Well, don’t look a gift bone in the mouth, I guess,
thought John. He picked up the bone again. It would make a decent grappling hook. He took off his hoodie and tied one sleeve to the bone. While he did this, he estimated that he lost about three more inches of height from the sand. He had to work quickly. Squinting to make out the charcoal eye above him, he swung the bone through the lowest point of the door, which he could just barely reach with his fingers. It slid uninterrupted and disappeared through the bottom of the door. But just as quickly it came back down to him. He needed the bone to catch onto something on the other side.
This wasn’t good. He tried again, this time holding it farther up the sleeve to give a large swing. Just as he let the bone fly, he lunged as high as he dared on the shifting sands. The bone flew upward and went sailing through the middle part of the door. At the height of its arc, it disappeared and kept its momentum. “Yes!” shouted John when he felt the bone catch. Now to reel it in. Slowly, John began pulling his hoodie back, hoping it would stay connected to whatever was holding it. “Come on, come on,” he muttered. To his disappointment, the hoodie kept coming, appearing out of the space in the air, until he could see the edge of the bone. John grunted and pulled the bone back, letting it fall to the sand.

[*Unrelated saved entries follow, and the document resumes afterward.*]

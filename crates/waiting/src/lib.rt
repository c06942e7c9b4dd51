//! The packets that wait: for a pair that isn't agreed yet, or for the Ethernet address of their
//! next hop.
#![tactic(auto)]

mod buffers;
mod list;
mod waits;

pub use list::{HeldPacket, WaitingPackets};
pub use waits::{Ended, WaitsFor};
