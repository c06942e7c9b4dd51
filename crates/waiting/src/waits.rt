//! The things that packets wait for, and the ends of these waits.
ghost use Rattle.std.specs.Prelude.{◌≡◌};
ghost use Rattle.nat_types.specs.Same.{same_endpoint};
ghost use Rattle.waiting.specs.Waits.{same_side, is_for_host, is_for_pair, same_wait, ends};

use addresses::Ip;
use nat_types::{Endpoint, Side};

/// A thing that a packet waits for.
#[derive(Clone, Copy, Debug, PartialEq, Eq)]
pub enum WaitsFor {
    /// The peer's answer on this endpoint's pair, after which the pair isn't Pending.
    Pair(Endpoint),
    /// The Ethernet address of this host, its next hop on this side.
    Hop(Side, Ip),
}

/// The waits that are over.
#[derive(Clone, Copy, Debug, PartialEq, Eq)]
pub enum Ended {
    /// The waits for this thing.
    One(WaitsFor),
    /// The waits for any pair.
    AllPairs,
}

fn is_side(side: Side, other: Side) -> bool
    ensures { result ≡ same_side side other }
{
    side == other
}

#[tactic(auto, unfolding(nat_types::specs::Same::same_endpoint))]
fn is_endpoint(endpoint: Endpoint, other: Endpoint) -> bool
    ensures { result ≡ same_endpoint endpoint other }
{
    endpoint == other
}

impl WaitsFor {
    /// Whether the packet waits for a pair.
    pub fn is_for_pair(self) -> bool
        ensures { result ≡ is_for_pair self }
    {
        match self {
            WaitsFor::Pair(_) => true,
            WaitsFor::Hop(..) => false,
        }
    }

    /// Whether the packet waits for the pair of an endpoint with this inside address.
    pub(crate) fn is_for_host(self, address: Ip) -> bool
        ensures { result ≡ is_for_host address.0 self }
    {
        match self {
            WaitsFor::Pair(endpoint) => endpoint.address == address,
            WaitsFor::Hop(..) => false,
        }
    }

    /// Whether both are for the same endpoint's pair, or for the same host on the same side.
    pub fn is_same(self, other: WaitsFor) -> bool
        ensures { result ≡ same_wait self other }
    {
        match (self, other) {
            (WaitsFor::Pair(endpoint), WaitsFor::Pair(another)) => is_endpoint(endpoint, another),
            (WaitsFor::Hop(side, host), WaitsFor::Hop(that, another)) => {
                is_side(side, that) && host == another
            }
            (WaitsFor::Pair(_), WaitsFor::Hop(..)) => false,
            (WaitsFor::Hop(..), WaitsFor::Pair(_)) => false,
        }
    }
}

impl Ended {
    /// Whether this wait is among those that are over.
    pub fn ends(self, wait: WaitsFor) -> bool
        ensures { result ≡ ends self wait }
    {
        match self {
            Ended::One(ended) => ended.is_same(wait),
            Ended::AllPairs => wait.is_for_pair(),
        }
    }
}
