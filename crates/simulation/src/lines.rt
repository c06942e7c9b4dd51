//! The lines of a run's events, in order.
ghost use Rattle.std.specs.Prelude.{◌≡◌, OnOk};
ghost use Rattle.simulation.specs.Lines.{answer_text, counts_after, event_line, lost_line, no_counts, one_more, sent_by, step_lines, with_event, with_sent};
ghost use Rattle.simulation.specs.Printed.{Prints};

use crate::cutting::FrameCutter;
use crate::step_output::print_output;
use crate::texts::gateway_of;
use frame_sim::{Step, WorldFault};
use nat_types::{GatewayId, WorldEvent};
use spec_step::Outcome;
use std::io::{self, Write};

/// The number of a run's events that are printed, and of the datagrams that each gateway has sent.
#[derive(Drop)]
pub(crate) struct Counts {
    events: usize,
    zero: usize,
    one: usize,
}

impl Counts {
    pub(crate) fn new() -> Counts
        ensures { result ≡ no_counts }
    {
        Counts {
            events: 0,
            zero: 0,
            one: 0,
        }
    }

    fn sent_by(&self, id: GatewayId) -> usize
        ensures { result ≡ sent_by id self.now }
    {
        match id {
            GatewayId::Zero => self.zero,
            GatewayId::One => self.one,
        }
    }

    fn set_sent(&mut self, id: GatewayId, sent: usize)
        ensures { self.new ≡ with_sent id sent self.old }
    {
        match id {
            GatewayId::Zero => self.zero = sent,
            GatewayId::One => self.one = sent,
        }
    }

    /// Counts one more event, and returns its number.
    fn next_event(&mut self) -> usize
        ensures number { result ≡ one_more self.old.events }
        ensures counted { self.new ≡ with_event self.old }
    {
        self.events = self.events.saturating_add(1);
        self.events
    }
}

/// Prints what the gateway of the next event sent, and the event's outcome, or why the event was refused.
pub(crate) fn print_step<W: Write>(
    output: &mut W,
    counts: &mut Counts,
    cutter: &FrameCutter,
    event: &WorldEvent,
    step: &Step,
) -> io::Result<()>
    ensures printed { Prints (W.contents output.old) result (W.contents output.new)
        (step_lines cutter.now counts.old event.now step.now) }
    ensures counted { OnOk result (counts.new ≡ counts_after counts.old event.now step.now) }
{
    let id = gateway_of(event);
    let mut sent = counts.sent_by(id);
    print_output(output, id, &mut sent, cutter, &step.out)?;
    counts.set_sent(id, sent);
    let number = counts.next_event();
    print_answer(output, number, &step.answer)
}

/// Prints that the next event's bytes are lost.
pub(crate) fn print_lost<W: Write>(output: &mut W, counts: &mut Counts) -> io::Result<()>
    ensures printed { Prints (W.contents output.old) result (W.contents output.new)
        (lost_line counts.old) }
    ensures counted { counts.new ≡ with_event counts.old }
{
    let number = counts.next_event();
    writeln!(output, "event {number} lost")
}

/// Prints the outcome of the event of this number, or why the event was refused.
fn print_answer<W: Write>(
    output: &mut W,
    number: usize,
    answer: &Result<Outcome, WorldFault>,
) -> io::Result<()>
    ensures { Prints (W.contents output.old) result (W.contents output.new)
        (event_line number (answer_text answer.now)) }
{
    match answer {
        Ok(Outcome::Sent) => writeln!(output, "event {number} sent"),
        Ok(Outcome::Waiting) => writeln!(output, "event {number} waiting"),
        Ok(Outcome::Done) => writeln!(output, "event {number} done"),
        Ok(Outcome::Dropped(reason)) => {
            let reason = reason.number();
            writeln!(output, "event {number} dropped {reason}")
        }
        Err(fault) => writeln!(output, "event {number} refused {fault}"),
    }
}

He couldn’t let disappointment get to him. He knew that the longer he waited, the more his probability of success plummeted. John coiled the hoodie again and gave a few small swings. Then, with his best lunge, he launched the bone. It flew farther and disappeared much farther up the sleeve. Almost immediately, John could feel that it had hooked onto something big. He gave it a tug. It was solid. He put half of his weight on it. It held.
John looked in the distance at the oasis one last time. He saw a dust devil coming toward him, swirling sand like a miniature tornado.
Not this time, foul villain
. John grabbed as high as he could on the hoodie and began to climb. Coach K would have been dumbfounded to see Little Darling climbing a rope. It helped that it was a life-and-death scenario, without the girls watching.
John struggled up to the invisible door frame, using the floor as leverage as soon as he could reach it with his forearms. He grabbed the ledge and pulled himself up. When his head broke the plane, he saw the bone jammed among a pile of props behind the stage. His arms were throbbing. He couldn’t breathe. Sand was glued all over his sweaty body. But finally, he managed to pull himself out. With the last of his strength, he reached up and shut the door. A few seconds later, he rolled over to make sure that the eye had disappeared.
John lay in the heat of the auditorium, panting, relishing the idea of water. He began to laugh, which turned into a cough. He’d almost died a horrible death. How awesome was that? No one could take that away from him now. He had been to the underworld and survived. Now when he walked through the halls, invisible, or felt the scorn of some remedial like Marla, he could always remember the badassery it took to survive the labyrinth. At the thought, John began to shake uncontrollably. Maybe it was fear, or the aftershock of all that adrenaline, but John was pretty sure his sweat was drying and he was getting the chills — even in the heat.